MOUSE ANTI-DENGUE PAN-SEROTYPE ENVELOPE PROTEIN ANTIBODY

Dengue pan-serotype envelope antibody reacts with envelope protein from Dengue virus serotypes 1, 2, 3 and 4. Antibody does not recognise DENV envelope protein domain III (EDIII).

 

PRODUCT DETAILS – MOUSE ANTI-DENGUE PAN-SEROTYPE ENVELOPE PROTEIN ANTIBODY

  • Mouse anti-Dengue pan serotype Envelope monoclonal IgG2a antibody (clone M769).
  • Greater than 95% purity by SDS-PAGE and buffered in 0.015 M potassium phosphate buffer, 0.85% NaCl, pH 7.2.

 

BACKGROUND

Dengue virus is a member of the flavivirus family, which includes Zika virus, West Nile virus and Japanese Encephalitis virus. Many of the proteins expressed by these viruses are very similar, and serological testing for these viruses can be complicated by problems of cross-reactivity. In this context, the use of highly purified antigens, that are glycosylated and folded as native proteins can be highly important in the development of accurate immunoassays.

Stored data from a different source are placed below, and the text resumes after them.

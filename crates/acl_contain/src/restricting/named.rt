//! A list and its bound, with the principals that they mention.

use acl_normal::internal::Column;
use acl_perm::Principal;

/// The ACEs of a list and of its bound, and which of some principals each of them names.
#[derive(Drop)]
pub(crate) struct Named<'a> {
    /// The principals that the lists mention, and everyone after them.
    pub(crate) whole: Vec<Principal<'a>>,
    /// The list, but that its ALLOWs have no rights.
    pub(crate) list: Column<'a>,
    pub(crate) bound: Column<'a>,
}
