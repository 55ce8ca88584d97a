//! The order of names that begin with the same bytes. It is the order of byte strings in Rust (`Ord` for slices, in the
//! documentation of std): byte by byte, and the beginning of a name before the name. That a normal form has each name
//! once follows from docs/reference/lists.md ("The normal form").

use super::harness::{GROUP, READ_DATA};
use acl_lists_for_tests::{ALLOW, ace_of, kept, passes};
use acl_nfs4::{Acl, PushFault};
use acl_normal::normalize;
use std::alloc::Global;
use std::process::Abort;

// The number of bytes with which all names of a list begin: fewer than, as many as and more than those that are
// compared as a number, and as many as fit before eight other bytes.
static STARTS: [usize; 7] = [0, 3, 4, 7, 8, 9, 1016];

// The ends of the names of a list as given and in order: in order already, out of order at the last place, out of order
// at the first place, with names that are there twice, and with names that are the beginning of others.
static ENDS: [(&[&[u8]], &[&[u8]]); 6] = [
    (&[b"a", b"b", b"c"], &[b"a", b"b", b"c"]),
    (&[b"b", b"c", b"a"], &[b"a", b"b", b"c"]),
    (&[b"c", b"a", b"b"], &[b"a", b"b", b"c"]),
    (&[b"b", b"a", b"b", b"a", b"a"], &[b"a", b"b"]),
    (&[b"ab", b"a", b"abc"], &[b"a", b"ab", b"abc"]),
    (
        &[b"1234567b", b"1234567a", b"1234567", b"1234567a"],
        &[b"1234567", b"1234567a", b"1234567b"],
    ),
];

// A list of names with this many equal bytes at the start and these ends.
fn list_of(alloc: Global, start: usize, flags: u32, ends: &[&[u8]]) -> Result<Acl, PushFault> {
    let mut list = Acl::new(alloc);
    for end in ends {
        let mut name = kept(vec![in alloc; b'x'; start])?;
        kept(name.extend_from_slice(end))?;
        if let Some(ace) = ace_of((ALLOW, flags, READ_DATA, &name)) {
            list.push(ace)?;
        }
    }
    Ok(list)
}

fn is_put_in_order(
    alloc: Global,
    start: usize,
    flags: u32,
    given: &[&[u8]],
    wanted: &[&[u8]],
) -> Result<bool, PushFault> {
    let list = list_of(alloc, start, flags, given)?;
    let sorted = list_of(alloc, start, flags, wanted)?;
    let form = kept(normalize(alloc, &list))?;
    Ok(form == sorted)
}

/// In a normal form, users and groups are in the order of their names, each once.
pub fn names(rt: &impl Abort, alloc: Global) -> Result<(), PushFault> {
    for start in &STARTS {
        for (given, wanted) in &ENDS {
            assert!(rt; is_put_in_order(alloc, *start, 0, given, wanted)?);
            assert!(rt; is_put_in_order(alloc, *start, GROUP, given, wanted)?);
        }
    }
    Ok(())
}

#[test]
fn the_normal_form_has_each_name_once_in_order(rt: HostRuntime) {
    assert!(rt; passes(names(&rt, rt.alloc())));
}
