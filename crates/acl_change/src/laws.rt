//! Laws of the list after a change of the mode, and of the list for one object.
ghost use Rattle.std.specs.Prelude.{◌≡◌, ◌↔◌, ◌≤◌, ℕ, List, IsFalse, IsTrue, None, Some};
ghost use Rattle.acl_perm.specs.Bits.{has_bit, all_mode_bits};
ghost use Rattle.acl_perm.specs.Situation.{IsName, Situation, matches};
ghost use Rattle.acl_nfs4.specs.Ace.{Ace};
ghost use Rattle.acl_perm.specs.Mode.{group_part};
ghost use Rattle.acl_perm.specs.Principal.{owner};
ghost use Rattle.acl_perm.specs.declared.kind.Kind.{Kind};
ghost use Rattle.acl_eval.specs.Grant.{Grant, GrantsAtMost, SameGrants, grants_bit};
ghost use Rattle.acl_eval.specs.Inheritance.{children};
ghost use Rattle.acl_eval.specs.Bridge.{image};
ghost use Rattle.acl_eval.specs.Column.{column, first_kind};
ghost use Rattle.acl_change.specs.ListChmod.{chmod_list, is_granted_after, mode_rights, named_aces};
ghost use Rattle.acl_eval.specs.ListMode.{mode_of_list};
ghost use Rattle.acl_eval.specs.declared.inherit.ChildKind.{ChildKind};
ghost use Rattle.acl_change.specs.Resolved.{GrantsAtMostFor, SameGrantsFor, first_nameless, resolved_list};
ghost use Rattle.acl_eval.specs.Situation.{named_situation};

/// After a change of the mode, read, write and execute are granted to the owner by the bits of the owner, to anybody
/// else by the first ACE of a name that has the right, within the bits of the group, and without such an ACE by the
/// bits of the group or of others; all other rights are granted as before.
pub fn chmod_grants()
    // Read, write and execute are granted by the mode and by the first ACE of a name.
    ensures by_mode { (mode : ℕ) (list : List Ace) (s : Situation) (bit : ℕ) → mode ≤ all_mode_bits
        → IsTrue (has_bit mode_rights bit)
        → grants_bit (chmod_list mode list) s bit ≡ is_granted_after (matches s) mode list bit }
    // A requester who is not the owner, and whom an ACE names for a right, gets it only if the group has it.
    ensures names { (mode : ℕ) (list : List Ace) (s : Situation) (bit : ℕ) (kind : Kind)
        → mode ≤ all_mode_bits → IsTrue (has_bit mode_rights bit) → IsFalse (matches s owner)
        → first_kind (matches s) (column (named_aces list) bit) ≡ Some kind
        → IsTrue (grants_bit (chmod_list mode list) s bit)
        → IsTrue (has_bit (image (group_part mode)) bit) }
    // All other rights are granted as before.
    ensures as_before { (mode : ℕ) (list : List Ace) (s : Situation) (bit : ℕ)
        → mode ≤ all_mode_bits → IsFalse (has_bit mode_rights bit)
        → grants_bit (chmod_list mode list) s bit ≡ grants_bit list s bit }
{}

/// After a change of the mode, the list has this mode.
pub fn chmod_mode()
    ensures { (mode : ℕ) (list : List Ace) → mode ≤ all_mode_bits
        → mode_of_list (chmod_list mode list) ≡ mode }
{}

/// After a change of the mode, new objects inherit what they inherited before.
pub fn chmod_inheritance()
    ensures { (kind : ChildKind) (mode : ℕ) (list : List Ace)
        → children kind (chmod_list mode list) ≡ children kind list }
{}

/// The list for one object, in which its owner and its owning group stand for `OWNER@` and `GROUP@`, grants each
/// requester of whatever object what the first list grants for that one; so two such lists grant the same, or the first
/// at most what the second grants, if and only if this is so for the object.
pub fn resolved_for_the_object()
    // Whatever object it is asked for, it grants each requester what the list grants for that one object.
    ensures grants { (owner_name owning_group : List ℕ) (list : List Ace) (s : Situation)
        (request : ℕ) → first_nameless owner_name owning_group list ≡ None
        → Grant (resolved_list owner_name owning_group list) s request
        ↔ Grant list (named_situation owner_name owning_group s.user_name s.groups) request }
    // So two such lists grant the same if and only if both lists grant the same for the object.
    ensures same { (owner_name owning_group : List ℕ) (rights : ℕ) (list other : List Ace)
        → IsName owner_name → IsName owning_group
        → first_nameless owner_name owning_group list ≡ None
        → first_nameless owner_name owning_group other ≡ None
        → SameGrants rights (resolved_list owner_name owning_group list)
        (resolved_list owner_name owning_group other)
        ↔ SameGrantsFor owner_name owning_group rights list other }
    // And the first of two such lists grants at most what the second grants if and only if this is so for the object.
    ensures at_most { (owner_name owning_group : List ℕ) (rights : ℕ) (list other : List Ace)
        → IsName owner_name → IsName owning_group
        → first_nameless owner_name owning_group list ≡ None
        → first_nameless owner_name owning_group other ≡ None
        → GrantsAtMost rights (resolved_list owner_name owning_group list)
        (resolved_list owner_name owning_group other)
        ↔ GrantsAtMostFor owner_name owning_group rights list other }
{}
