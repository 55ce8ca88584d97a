//! Laws of the commands.
ghost use Rattle.aclck.specs.Headline.{Headline, HeadlineOverPaths};
ghost use Rattle.aclck.specs.Laws.{EncodeUndoesShow, NormalizeInheritGivesForms, NormalizeInheritTellsApart, NormalizeTellsApart, NormalizeTwice, ShowPosixTellsApart, ShowUndoesEncode};

/// Two texts of files get the same canonical text from `show-posix` if and only if the sets of entries of both parts
/// are equal, and both or neither has a default part.
pub fn show_posix_tells_apart()
    ensures { ShowPosixTellsApart }
{}

/// `encode` accepts what `show-nfs` writes, and writes the bytes that `show-nfs` read.
pub fn encode_undoes_show()
    ensures { EncodeUndoesShow }
{}

/// `show-nfs` accepts what `encode` writes, and writes the text of the list; this is the same text for every text of
/// the list that `encode` read.
pub fn show_undoes_encode()
    ensures { ShowUndoesEncode }
{}

/// Two lists get equal bytes from `normalize` if and only if both grant or both deny, in every situation and for every
/// mask.
pub fn normalize_tells_apart()
    ensures { NormalizeTellsApart }
{}

/// `normalize` writes its own output again, unchanged.
pub fn normalize_twice()
    ensures { NormalizeTwice }
{}

/// Two lists get equal bytes from `normalize --inherit` if and only if both grant or both deny, at every path of
/// creations below them, in every situation and for every mask.
pub fn normalize_inherit_tells_apart()
    ensures { NormalizeInheritTellsApart }
{}

/// What `normalize --inherit` writes is five lists, one after the other, each of which is its own normal form.
pub fn normalize_inherit_gives_forms()
    ensures { NormalizeInheritGivesForms }
{}

/// The headline: normal forms have equal bytes if and only if their lists grant the same, they grant what their lists
/// grant, and normalizing twice gives the same as once; canonical texts are equal if and only if the entries are equal,
/// and they read back.
pub fn headline()
    ensures { Headline }
{}

/// The headline over paths: the five normal forms have equal bytes if and only if their lists grant the same at every
/// path of creations, each grants what the list at its path grants, and normalizing each once more changes none.
pub fn headline_over_paths()
    ensures { HeadlineOverPaths }
{}
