//! The list after a change of the mode.
ghost use Rattle.std.specs.Prelude.{◌≡◌, ◌≤◌, ◌↔◌, ◌||◌, IfErr, IfOk, IsTrue, OnOk};
ghost use Rattle.acl_perm.specs.Profile.{full};
ghost use Rattle.acl_perm.specs.Bits.{has_bit};
ghost use Rattle.acl_perm.specs.Principal.{principal};
ghost use Rattle.acl_nfs4.specs.Ace.{ace};
ghost use Rattle.acl_nfs4.specs.Limits.{most_aces, most_weight};
ghost use Rattle.acl_nfs4.specs.Spelling.{IsAccepted};
ghost use Rattle.acl_eval.specs.Inheritance.{directory_inherit, file_inherit};
ghost use Rattle.acl_change.specs.ListChmod.{after_chmod, chmod_list, class_ace, denied_rights, for_new_objects, for_this_object, lost_rights, other_aces, owner_aces, unless_empty};
ghost use Rattle.acl_change.specs.internal.UpToThree.{up_to_one, up_to_three};
ghost use Rattle.acl_eval.specs.ListMode.{mode_of_list};
ghost use Rattle.acl_eval.specs.Unnamed.{is_unnamed};
ghost use Rattle.acl_change.specs.declared.mode_change.ChmodFault.TheVariants.{Limits, Memory};

use crate::up_to_three::UpToThree;
use acl_eval::internal::{WRITE_RIGHTS, image, rest_of};
use acl_nfs4::internal::{EVERYONE_NAME, GROUP_NAME, OWNER_NAME};
use acl_nfs4::{AceRef, Acl, AclView, Flags, Kind, MOST_ACES, MOST_WEIGHT, Mask};
use acl_perm::{Mode, Perm, Principal};
use std::alloc::{AllocError, Global};
use thiserror::Error;

/// Why there is no list for a new mode.
#[derive(Clone, Copy, Debug, PartialEq, Eq, Error)]
pub enum ChmodFault {
    /// The list would have more than 65,536 ACEs, or more than 65,536 mask bits, over all its ACEs.
    #[error("Limits")]
    Limits,
    /// Memory ran out for the list.
    #[error("out of memory")]
    Memory,
}

impl From<AllocError> for ChmodFault {
    ghost use Rattle.acl_change.specs.declared.mode_change.ChmodFault.TheVariants.{Memory};

    ghost from_gives = { λ _ fault. fault ≡ Memory };

    fn from(_: AllocError) -> ChmodFault {
        ChmodFault::Memory
    }
}

/// Returns the list of an object after its mode is set to `mode` (RFC 8881, section 6.4.1.1). The new list has this
/// mode, as `mode_of` reads it.
///
/// - The owner gets of read, write and execute what the bits of the owner say.
/// - An ACE of a user name or a group name grants of them at most what the bits of the group say.
/// - Everybody else gets what the bits of the group or of others say.
///
/// All other rights are granted as before, new objects inherit what they inherited before, and ACEs with INHERIT_ONLY
/// stay as they are. Fails with `Limits` if and only if the new list would be above a limit, which is checked before
/// memory is requested, and with `Memory` only if it would not and memory runs out. Time is linear in the bytes of the
/// list.
///
/// ```rust
/// let list = parse_text(alloc, b"ALLOW - READ_DATA bob\nALLOW - READ_DATA EVERYONE@")?;
/// let mode = Mode::new(0o640).ok_or("no mode")?;
/// let changed = chmod(alloc, &list.view(), mode)?;
/// assert!(rt; mode_of(changed.aces()) == mode);
/// ```
pub fn chmod(alloc: Global, list: &AclView<'_>, mode: Mode) -> Result<Acl, ChmodFault>
    ensures list { IfOk result (λ new. new ≡ chmod_list mode.bits list.now) }
    ensures accepted { OnOk result (IsAccepted full (chmod_list mode.bits list.now)) }
    ensures mode { IfOk result (λ new. mode_of_list new ≡ mode.bits) }
    // A fault is Limits if the list is not accepted, and Memory if it is.
    ensures limits { IfErr result (λ fault. fault ≡ Limits
        → IsAccepted full (chmod_list mode.bits list.now) → ⊥) }
    ensures memory { IfErr result (λ fault. fault ≡ Memory
        → IsAccepted full (chmod_list mode.bits list.now)) }
{
    if !is_accepted(list, mode) {
        return Err(ChmodFault::Limits);
    }
    Ok(with_mode(alloc, list, mode)?)
}

// Returns whether the new list is accepted. Only the limits can refuse it, because each who in it is from the list or a
// special identifier.
fn is_accepted(list: &AclView<'_>, mode: Mode) -> bool
    ensures { IsTrue result ↔ IsAccepted full (chmod_list mode.bits list.now) }
{
    let owner = owner_aces(mode).size();
    let others = other_aces(mode).size();
    let mut count = owner.count + others.count;
    let mut weight = owner.weight + others.weight;
    for ace in list.aces() {
        let size = after_chmod(&ace, mode).size();
        count += size.count;
        weight += size.weight;
        if !is_within(count, weight) {
            return false;
        }
    }
    true
}

// Returns whether a list may have so many ACEs and so many mask bits.
fn is_within(count: u32, weight: u32) -> bool
    ensures { IsTrue result ↔ ((count ≤ most_aces) × (weight ≤ most_weight)) }
{
    count <= MOST_ACES && weight <= MOST_WEIGHT
}

// Returns the new list, which must be accepted. Fails only if memory runs out.
fn with_mode(alloc: Global, list: &AclView<'_>, mode: Mode) -> Result<Acl, AllocError>
    requires { IsAccepted full (chmod_list mode.bits list.now) }
    ensures { IfOk result (λ new. new ≡ chmod_list mode.bits list.now) }
{
    let mut changed = Acl::new(alloc);
    owner_aces(mode).push_to(&mut changed)?;
    for ace in list.aces() {
        after_chmod(&ace, mode).push_to(&mut changed)?;
    }
    other_aces(mode).push_to(&mut changed)?;
    Ok(changed)
}

// Returns what the mode allows and denies the owner.
fn owner_aces(mode: Mode) -> UpToThree<'static>
    ensures { up_to_three result ≡ owner_aces mode.bits }
{
    let perm = mode.owner();
    UpToThree {
        first: class_ace(Kind::Allow, OWNER_NAME, perm),
        second: class_ace(Kind::Deny, OWNER_NAME, rest_of(perm)),
        third: None,
    }
}

// Returns what the mode allows and denies the group, and what it allows others.
fn other_aces(mode: Mode) -> UpToThree<'static>
    ensures { up_to_three result ≡ other_aces mode.bits }
{
    let perm = mode.group();
    UpToThree {
        first: class_ace(Kind::Allow, GROUP_NAME, perm),
        second: class_ace(Kind::Deny, GROUP_NAME, rest_of(perm)),
        third: class_ace(Kind::Allow, EVERYONE_NAME, mode.others()),
    }
}

// Returns an ACE of a special identifier with the rights of these permissions, or none without permissions.
fn class_ace(kind: Kind, who: &'static str, perm: Perm) -> Option<AceRef<'static>>
    ensures { up_to_one result ≡ class_ace kind who.now perm.bits }
{
    unless_empty(AceRef {
        kind,
        flags: Flags::NONE,
        mask: image(perm),
        who: who.as_bytes(),
    })
}

// Returns what the new list has in place of an ACE.
fn after_chmod<'a>(item: &AceRef<'a>, mode: Mode) -> UpToThree<'a>
    ensures { up_to_three result ≡ after_chmod mode.bits (ace item.now) }
{
    let lost = lost_rights(item, mode);
    if !item.takes_part() || lost.bits == 0 {
        return UpToThree {
            first: Some(*item),
            second: None,
            third: None,
        };
    }
    let denied = denied_rights(item, mode);
    let kept = item.mask.difference(lost);
    UpToThree {
        first: for_new_objects(item),
        second: unless_empty(for_this_object(item, Kind::Deny, denied)),
        third: unless_empty(for_this_object(item, item.kind, kept)),
    }
}

// The rights that the bits of a mode are about.
const MODE_RIGHTS: Mask = Mask {
    bits: Mask::READ_DATA.bits | WRITE_RIGHTS.bits | Mask::EXECUTE.bits,
};

fn lost_rights(item: &AceRef<'_>, mode: Mode) -> Mask
    ensures { result.bits ≡ lost_rights mode.bits (ace item.now) }
{
    if is_special(item.principal()) {
        return item.mask & MODE_RIGHTS;
    }
    match item.kind {
        Kind::Allow => item.mask & image(rest_of(mode.group())),
        Kind::Deny => Mask::NONE,
    }
}

// Returns the rights of an ACE that are denied to its name, because others have them and the group does not.
fn denied_rights(item: &AceRef<'_>, mode: Mode) -> Mask
    ensures { result.bits ≡ denied_rights mode.bits (ace item.now) }
{
    if is_special(item.principal()) {
        return Mask::NONE;
    }
    item.mask & image(mode.others().difference(mode.group()))
}

fn is_special(whom: Principal<'_>) -> bool
    ensures { result ≡ is_unnamed (principal whom.entry) }
{
    matches!(
        whom,
        Principal::Owner | Principal::Group | Principal::Everyone
    )
}

// The flags that are not about new objects.
const NOT_PASSED_ON: Flags = Flags {
    bits: Flags::SUCCESSFUL_ACCESS.bits
        | Flags::FAILED_ACCESS.bits
        | Flags::IDENTIFIER_GROUP.bits
        | Flags::INHERITED.bits,
};

// Returns an ACE of the same who for this object alone.
fn for_this_object<'a>(item: &AceRef<'a>, kind: Kind, mask: Mask) -> AceRef<'a>
    ensures { ace result ≡ for_this_object (ace item.now) kind mask.bits }
{
    AceRef {
        kind,
        flags: item.flags & NOT_PASSED_ON,
        mask,
        who: item.who,
    }
}

// Returns the ACE as it is, for new objects alone, if new objects inherit it.
fn for_new_objects<'a>(item: &AceRef<'a>) -> Option<AceRef<'a>>
    ensures { up_to_one result ≡ for_new_objects (ace item.now) }
{
    if !is_inheritable(item.flags) {
        return None;
    }
    Some(AceRef {
        flags: item.flags | Flags::INHERIT_ONLY,
        ..*item
    })
}

#[tactic(auto, using(acl_eval::proofs::Bits::single_bits))]
fn is_inheritable(flags: Flags) -> bool
    ensures { result ≡ (has_bit flags.bits file_inherit || has_bit flags.bits directory_inherit) }
{
    flags.contains(Flags::FILE_INHERIT) || flags.contains(Flags::DIRECTORY_INHERIT)
}

// Returns an ACE, or none if its mask is empty.
fn unless_empty(item: AceRef<'_>) -> Option<AceRef<'_>>
    ensures { up_to_one result ≡ unless_empty (ace item.entry) }
{
    if item.mask.bits == 0 {
        return None;
    }
    Some(item)
}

With more than one-third of the world’s population living in areas at risk of transmission, dengue infection is a leading cause of illness and death in the tropics and subtropics (ref WHO for Guidelines for Diagnosis, Treatment, Prevention & Control, 2009). Dengue is caused by any one of four related viruses (DENV1-4) which are transmitted by mosquitoes and responsible for infecting as many as 390 million people yearly (Bhatt , et al., 2013).

It is a febrile illness that affects infants, young children and adults with symptoms appearing 3-14 days after the infective bite. Symptoms range from mild fever, to incapacitating high fever, with severe headache, pain behind the eyes, muscle and joint pain, and rash. There is no vaccine or any specific medicine to treat dengue.

Severe dengue (also known as dengue hemorrhagic fever) is characterized by fever, abdominal pain, persistent vomiting, bleeding and breathing difficulty and is a potentially lethal complication, affecting mainly children. Early clinical diagnosis and careful clinical management by trained physicians and nurses increase survival of patient.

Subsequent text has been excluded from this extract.